TASK ITEM:
Only part of the listing is needed, namely the lines from its start through the line with "fn fmt<W: fmt::Write>(&self, f: &mut", and they should be retyped exactly.

EXTRACTED RECORDS:
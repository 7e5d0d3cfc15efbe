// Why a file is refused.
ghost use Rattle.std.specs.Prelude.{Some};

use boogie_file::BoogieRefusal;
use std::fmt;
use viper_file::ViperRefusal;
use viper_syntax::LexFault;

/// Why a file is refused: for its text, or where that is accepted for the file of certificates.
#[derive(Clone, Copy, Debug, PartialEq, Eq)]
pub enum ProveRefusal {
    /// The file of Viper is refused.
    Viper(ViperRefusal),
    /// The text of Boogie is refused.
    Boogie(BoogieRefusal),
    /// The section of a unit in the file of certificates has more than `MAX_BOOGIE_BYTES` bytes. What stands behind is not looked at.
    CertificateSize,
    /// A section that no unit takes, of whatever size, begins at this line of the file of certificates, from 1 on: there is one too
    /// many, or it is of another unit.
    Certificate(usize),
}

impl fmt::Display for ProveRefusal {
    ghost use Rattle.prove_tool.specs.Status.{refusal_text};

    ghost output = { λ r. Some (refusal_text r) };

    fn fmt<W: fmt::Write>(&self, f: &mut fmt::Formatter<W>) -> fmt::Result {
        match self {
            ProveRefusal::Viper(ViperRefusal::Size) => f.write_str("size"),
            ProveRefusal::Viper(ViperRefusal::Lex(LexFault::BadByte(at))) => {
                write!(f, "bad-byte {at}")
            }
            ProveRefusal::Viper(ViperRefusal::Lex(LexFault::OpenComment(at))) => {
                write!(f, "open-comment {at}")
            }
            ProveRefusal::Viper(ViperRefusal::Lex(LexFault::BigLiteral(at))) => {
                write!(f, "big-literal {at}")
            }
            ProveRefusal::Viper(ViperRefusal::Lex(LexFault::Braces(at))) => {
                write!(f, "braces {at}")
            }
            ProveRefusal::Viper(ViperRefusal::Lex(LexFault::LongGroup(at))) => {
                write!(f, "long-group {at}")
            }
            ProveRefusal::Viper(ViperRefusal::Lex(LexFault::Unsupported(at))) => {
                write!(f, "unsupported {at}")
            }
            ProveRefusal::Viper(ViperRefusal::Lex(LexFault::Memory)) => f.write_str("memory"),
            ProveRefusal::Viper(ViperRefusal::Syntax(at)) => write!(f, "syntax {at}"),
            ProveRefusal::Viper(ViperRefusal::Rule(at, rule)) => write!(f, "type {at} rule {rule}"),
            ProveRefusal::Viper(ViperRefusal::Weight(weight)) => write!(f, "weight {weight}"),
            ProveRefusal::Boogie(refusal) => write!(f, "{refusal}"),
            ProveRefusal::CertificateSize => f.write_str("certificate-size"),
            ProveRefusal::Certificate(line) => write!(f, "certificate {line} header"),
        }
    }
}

SOLUTION TO THIS PROBLEM:
repository 7e5d0d3cfc15efbe
// Why a file is refused.
ghost use Rattle.std.specs.Prelude.{Some};

use boogie_file::BoogieRefusal;
use std::fmt;
use viper_file::ViperRefusal;
use viper_syntax::LexFault;

/// Why a file is refused: for its text, or where that is accepted for the file of certificates.
#[derive(Clone, Copy, Debug, PartialEq, Eq)]
pub enum ProveRefusal {
    /// The file of Viper is refused.
    Viper(ViperRefusal),
    /// The text of Boogie is refused.
    Boogie(BoogieRefusal),
    /// The section of a unit in the file of certificates has more than `MAX_BOOGIE_BYTES` bytes. What stands behind is not looked at.
    CertificateSize,
    /// A section that no unit takes, of whatever size, begins at this line of the file of certificates, from 1 on: there is one too
    /// many, or it is of another unit.
    Certificate(usize),
}

impl fmt::Display for ProveRefusal {
    ghost use Rattle.prove_tool.specs.Status.{refusal_text};

    ghost output = { λ r. Some (refusal_text r) };

    fn fmt<W: fmt::Write>(&self, f: &mut fmt::Formatter<W>) -> fmt::Result {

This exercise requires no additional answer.